A HEADLINE CAUGHT my eye this week. A record number of under-30s in the UK are earning more than a million a year.
It got me thinking.
Twenty-five years old. Millionaire. Not from building something tangible. Mostly from screens. Influence. Attention. Branding.
This seems to be what “doing well” looks like these days. It’s subtle. But it’s there.
What made that the new benchmark?
I look at the world around me, and it feels… strained. Here in Britain, nurses and teachers are exhausted, many leaving their professions. Food banks expanding. Housing unaffordable. Across the world, whole regions are destabilised by war, with millions displaced. Climate anxiety is sitting in the background like low-grade noise.
And yet the biggest rewards seem to flow to those who can hold your attention the longest.
That disconnect unsettles me.
I’m not against wealth. Islam never taught me to be suspicious of money. Some of the companions were hugely successful traders. Wealth in itself wasn’t the issue.
But it was never the point.
Somewhere along the way, visibility started to feel like value. If it’s seen, it matters. If it trends, it counts. If it pays well, it must be important.
Social media doesn’t just show lifestyles. It trains desire. It shifts ambition. It tells young people that the highest form of success is to be watched.
And the cost is rarely mentioned. The anxiety. The comparison. The constant measuring of self against curated fragments of other lives. The restlessness after scrolling for too long. Agitation. Dissatisfaction. For no clear reason.
It should be different. There should be real work. The kind that leaves something behind. A repaired system. A healed patient. A student who understands something new. A family fed. A building standing.
There’s weight in that.
The Prophet ﷺ once said that the most beloved people to Allah are those most beneficial to others.
Beneficial. Not famous. Not impressive. Beneficial.
When I read the Qur’an, these verses keeps coming back to me:
أَلْهَىٰكُمُ ٱلتَّكَاثُرُ. حَتَّىٰ زُرْتُمُ ٱلْمَقَابِرَ
Competition in worldly increase distracts you until you visit the graves. (at Takathur 1–2)
Distracts you.
Not destroys you immediately. Not humiliates you. Distracts you. Slowly. Quietly. Until life is over.
I wonder how much of our ambition is just a distraction dressed up as drive.
The world isn’t short of crises. Poverty. Inequality. War and displacement. Systems that are failing the vulnerable. Mental health struggles that keep growing.

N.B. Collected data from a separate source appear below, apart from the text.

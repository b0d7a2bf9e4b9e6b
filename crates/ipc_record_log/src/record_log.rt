//! A log.
ghost use Rattle.std.specs.Prelude.{◌≡◌, ◌⊎◌, ◌+◌, ◌^◌, ◌<◌, ◌≤◌, ◌++◌, ◌∷◌, [], List, ℕ, length, map, None, Some, true, false, IfOk, IfErr, OnOk, MatchResult, slice_get};
ghost use Rattle.ipc_io.specs.Outside.{IsSize, Rose};
ghost use Rattle.ipc_log_disk.specs.Below.{IsOfDisk};
ghost use Rattle.ipc_log_disk.specs.Crashes.{Among, Elapses};
ghost use Rattle.ipc_record_log.specs.Logs.{Holds, IsReady, OnlyReads, invalid_log, truncated};
ghost use Rattle.ipc_record_log.specs.Records.{HasFront, IsBeforeOrAfter, log_records, records_in};
ghost use Rattle.arrow_spec.specs.declared.error.IpcError.TheVariants.{Memory, ReadFault, State};

use crate::Span;
use crate::begin::begin;
use crate::framing::push_record;
use crate::reads::read_span;
use crate::walk::synced_walk;
use crate::writes::write_synced;
use arrow_spec::IpcError;
use ipc_io::Refused;
use ipc_log_disk::LogDisk;
use std::alloc::Global;

/// A log of records on a disk. Where a call of the disk has failed it has failed too, and is to be opened again.
#[derive(Drop)]
pub struct RecordLog<D: LogDisk> {
    alloc: Global,
    disk: D,
    spans: Vec<Span>,
    end: u64,
    is_failed: bool,
    ghost near: { end < 2 ^ 63 },
    ghost ready: { IsReady is_failed (D.content disk) (D.images disk) spans.items end },
}

impl<D: LogDisk> RecordLog<D> {
    /// Begins a log on a disk without bytes, with one record.
    ///
    /// # Errors
    ///
    /// `WriteFault`, `Memory`. The disk is handed back.
    pub fn create(alloc: Global, disk: D, first: &[u8]) -> Result<RecordLog<D>, Refused<D>>
        requires empty { IsSize (D.content disk) 0 }
        ensures created { IfOk result (λ l. (b : List ℕ) → D.content disk ≡ Some b → Holds (D.content l.disk) (D.images l.disk) (first.now ∷ [])) }
        ensures ok { IfOk result (λ l. l.is_failed ≡ false) }
        ensures time { MatchResult result
            (λ l. Elapses (D.moment disk) (D.moment l.disk) (D.images_since disk) (D.images_since l.disk))
            (λ e. Elapses (D.moment disk) (D.moment e.object) (D.images_since disk) (D.images_since e.object)) }
        ensures err { IfErr result (λ e. ((e.error ≡ Memory) × (e.object ≡ disk))
            ⊎ IsOfDisk e.error (D.faults disk) (D.faults e.object) (D.wants disk) (D.wants e.object)) }
        ensures later { MatchResult result (λ l. D.faults disk ≤ D.faults l.disk) (λ e. D.faults disk ≤ D.faults e.object) }
        ensures same_references { MatchResult result (λ l. D.references l.disk ≡ D.references disk) (λ e. D.references e.object ≡ D.references disk) }
    {
        let mut disk = disk;
        match begin(alloc, &mut disk, first) {
            Ok(spans) => Ok(RecordLog {
                alloc,
                disk,
                spans,
                end: 24 + first.len() as u64,
                is_failed: false,
            }),
            Err(error) => Err(Refused {
                error,
                object: disk,
            }),
        }
    }

    /// Opens the log on a disk. It syncs first, so that what is read is what a crash leaves, and writes nothing.
    ///
    /// # Errors
    ///
    /// `OutOfSpec(InvalidLog)` where the bytes are not those of a log; `WriteFault` where the sync fails; `ReadFault`; `Memory`. The disk is handed back.
    pub fn open(alloc: Global, disk: D) -> Result<RecordLog<D>, Refused<D>>
        ensures opened { IfOk result (λ l. (b : List ℕ) → D.content disk ≡ Some b → Holds (D.content l.disk) (D.images l.disk) (records_in b)) }
        ensures content { IfOk result (λ l. D.content l.disk ≡ D.content disk) }
        ensures ok { IfOk result (λ l. l.is_failed ≡ false) }
        ensures since { MatchResult result
            (λ l. Among (D.images disk) (D.images_since l.disk (D.moment disk)))
            (λ e. Among (D.images disk) (D.images_since e.object (D.moment disk))) }
        ensures time { MatchResult result
            (λ l. Elapses (D.moment disk) (D.moment l.disk) (D.images_since disk) (D.images_since l.disk))
            (λ e. Elapses (D.moment disk) (D.moment e.object) (D.images_since disk) (D.images_since e.object)) }
        ensures err { IfErr result (λ e. (e.error ≡ Memory) ⊎ IsOfDisk e.error (D.faults disk) (D.faults e.object) (D.wants disk) (D.wants e.object)
            ⊎ ((e.error ≡ ReadFault) × Rose (D.faults disk) (D.faults e.object))
            ⊎ ((e.error ≡ invalid_log) × ((b : List ℕ) → D.content disk ≡ Some b → log_records b ≡ None))) }
        ensures left { IfErr result (λ e. IsOfDisk e.error (D.faults disk) (D.faults e.object) (D.wants disk) (D.wants e.object) ⊎ (D.content e.object ≡ D.content disk)) }
        ensures later { MatchResult result (λ l. D.faults disk ≤ D.faults l.disk) (λ e. D.faults disk ≤ D.faults e.object) }
        ensures same_references { MatchResult result (λ l. D.references l.disk ≡ D.references disk) (λ e. D.references e.object ≡ D.references disk) }
    {
        let mut disk = disk;
        match synced_walk(alloc, &mut disk) {
            Ok(walk) => Ok(RecordLog {
                alloc,
                disk,
                spans: walk.spans,
                end: walk.end,
                is_failed: false,
            }),
            Err(error) => Err(Refused {
                error,
                object: disk,
            }),
        }
    }

    /// Whether a call of the disk has failed.
    pub fn is_failed(&self) -> bool
        ensures { result ≡ self.now.is_failed }
    {
        self.is_failed
    }

    /// How many records there are.
    pub fn len(&self) -> usize
        ensures { result ≡ length self.now.spans.items }
    {
        self.spans.len()
    }

    /// A record, by its number.
    ///
    /// # Errors
    ///
    /// `State` where the log has failed; `ReadFault`; `Memory`; `OutOfSpec(Truncated)`, over a disk that does not tell its bytes. All is as before.
    pub fn read(&mut self, i: usize) -> Result<Vec<u8>, IpcError>
        requires { i < length self.old.spans.items }
        ensures bytes { IfOk result (λ v. (b : List ℕ) → D.content self.old.disk ≡ Some b → slice_get (records_in b) i ≡ Some v.items) }
        ensures kept { OnlyReads D.content D.images D.moment D.images_since D.faults D.wants D.references self.old.disk self.new.disk }
        ensures same { (self.new.spans.items ≡ self.old.spans.items) × (self.new.end ≡ self.old.end) × (self.new.is_failed ≡ self.old.is_failed) }
        ensures ok { OnOk result (self.old.is_failed ≡ false) }
        ensures err { IfErr result (λ e. ((e ≡ State) × (self.old.is_failed ≡ true)) ⊎ (e ≡ Memory)
            ⊎ ((e ≡ ReadFault) × Rose (D.faults self.old.disk) (D.faults self.new.disk))
            ⊎ ((e ≡ truncated) × (D.content self.old.disk ≡ None))) }
    {
        if self.is_failed {
            return Err(IpcError::State);
        }
        let span = self.spans[i];
        read_span(self.alloc, &mut self.disk, span)
    }

    /// The disk.
    pub fn into_inner(self) -> D
        ensures { result ≡ self.disk }
    {
        self.disk
    }

    /// Adds a record. Where it answers Ok, each crash from then on leaves a log that has it. A crash during the call leaves the
    /// records from before it, with the new one or without.
    ///
    /// # Errors
    ///
    /// `State` where the log has failed; `Memory`, with all as before. Behind `WriteFault`, and `Memory` of the disk, the log has failed.
    pub fn append(&mut self, bytes: &[u8]) -> Result<(), IpcError>
        ensures acknowledged { OnOk result ((b : List ℕ) → D.content self.old.disk ≡ Some b →
            Holds (D.content self.new.disk) (D.images self.new.disk) (records_in b ++ bytes.now ∷ [])) }
        ensures any_moment { self.old.is_failed ≡ false → (b c : List ℕ) → D.content self.old.disk ≡ Some b
            → D.images_since self.new.disk (D.moment self.old.disk) c → IsBeforeOrAfter (records_in b) bytes.now c }
        ensures time { Elapses (D.moment self.old.disk) (D.moment self.new.disk) (D.images_since self.old.disk) (D.images_since self.new.disk) }
        ensures ok { OnOk result ((self.old.is_failed ≡ false) × (self.new.is_failed ≡ false)) }
        ensures err { IfErr result (λ e.
            (((e ≡ State) × (self.old.is_failed ≡ true)) ⊎ ((e ≡ Memory) × (self.old.is_failed ≡ false)))
            × (self.new.disk ≡ self.old.disk) × (self.new.spans.items ≡ self.old.spans.items) × (self.new.end ≡ self.old.end) × (self.new.is_failed ≡ self.old.is_failed)
            ⊎ ((self.new.is_failed ≡ true) × IsOfDisk e (D.faults self.old.disk) (D.faults self.new.disk) (D.wants self.old.disk) (D.wants self.new.disk))) }
        ensures later { D.faults self.old.disk ≤ D.faults self.new.disk }
    {
        if self.is_failed {
            return Err(IpcError::State);
        }
        let mut behind = Vec::new(self.alloc);
        push_record(&mut behind, bytes)?;
        let length = bytes.len() as u64;
        self.spans.push(Span {
            at: self.end + 16,
            length,
        })?;
        // From here on what is on the disk is not known until all calls have succeeded.
        self.is_failed = true;
        write_synced(&mut self.disk, self.end + 1, &behind)?;
        write_synced(&mut self.disk, self.end, &[1])?;
        self.end += 16 + length;
        self.is_failed = false;
        Ok(())
    }
}

/// Adds records in turn. A crash at any moment leaves the records from before, and some of these, from the first on.
pub fn append_all<D: LogDisk>(log: &mut RecordLog<D>, records: &[Vec<u8>]) -> Result<(), IpcError>
    requires ready { log.old.is_failed ≡ false }
    ensures acknowledged { OnOk result ((b : List ℕ) → D.content log.old.disk ≡ Some b →
        Holds (D.content log.new.disk) (D.images log.new.disk) (records_in b ++ map (λ v. v.items) records.now)) }
    ensures any_moment { (b c : List ℕ) → D.content log.old.disk ≡ Some b
        → D.images_since log.new.disk (D.moment log.old.disk) c → HasFront (records_in b) (map (λ v. v.items) records.now) c }
{
    for bytes in records {
        log.append(bytes)?;
    }
    Ok(())
}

These aren’t abstract policy debates. They are human realities.
And I ask myself: what kind of generation are we becoming?
Are we training ourselves to capture attention, or to solve problems? To optimise engagement, or to relieve suffering? To grow platforms, or to rebuild systems?
I don’t ask that as an accusation. I ask it because I know the pull of the easier path. The visible path. The path with quicker rewards.
There’s something heavier about choosing service. It takes longer. It’s less glamorous. It doesn’t trend.
But it builds.
I think about the early Muslims and what they actually did. They didn’t just preach beliefs. They built a state. Built institutions. They organised zakat and the Bayt al-Maal. They developed knowledge and produced the greatest minds. They structured markets and created prosperity for the many. They created endowments that outlived them. They solved human problems. They led the world.
They thought in generations. They understood that knowledge, wealth, and authority were trusts. That is the type of work Islam consistently honours.
But somewhere we’ve allowed ambition to shrink. Personal advancement. Career progression. Financial comfort. Stability for the family.
All good things. Necessary things.
But too small on their own.
The ummah was described as the best nation raised for mankind. For mankind. Not just for itself. That phrase carries responsibility.
If parts of the world are burning, starving, collapsing, then iman can’t remain a private comfort. It has to translate into competence. Into skill. Into contribution.
I don’t think we need fewer ambitious young Muslims. I think we need more. But aimed differently.
Engineers who see infrastructure as an amanah. Economists who question systems that reward extraction over care. Doctors who choose underserved communities. Policy thinkers who refuse cynicism. Entrepreneurs who build with ethics, not just margins.
And yes, even people on social media, but grounded, purposeful, restrained, helping real causes.
And all of them are carrying da’wah through their work. Not just with words, but through presence. Integrity. The problems they choose to tackle. The way they conduct themselves. What they prioritise. Who they serve.
I’ve started asking myself a deeper question when I think about work: If I became successful at this, who would actually benefit?
Not in theory. In reality.
Because one day the numbers won’t matter. Not the salary. Not the followers. Not the visibility.
Accountability will.
That thought isn’t abstract. It’s clarifying.
The issue isn’t that a 25-year-old earns a million pounds. The issue is what that represents to the rest of us. What it trains us to admire. What it trains us to chase.
I don’t want my ambition shaped by algorithms.
I want it shaped by need. By service. By the quiet weight of standing before Allah, knowing I tried to leave something useful behind.
Not just something seen.
That’s the recalibration I’m trying to hold onto.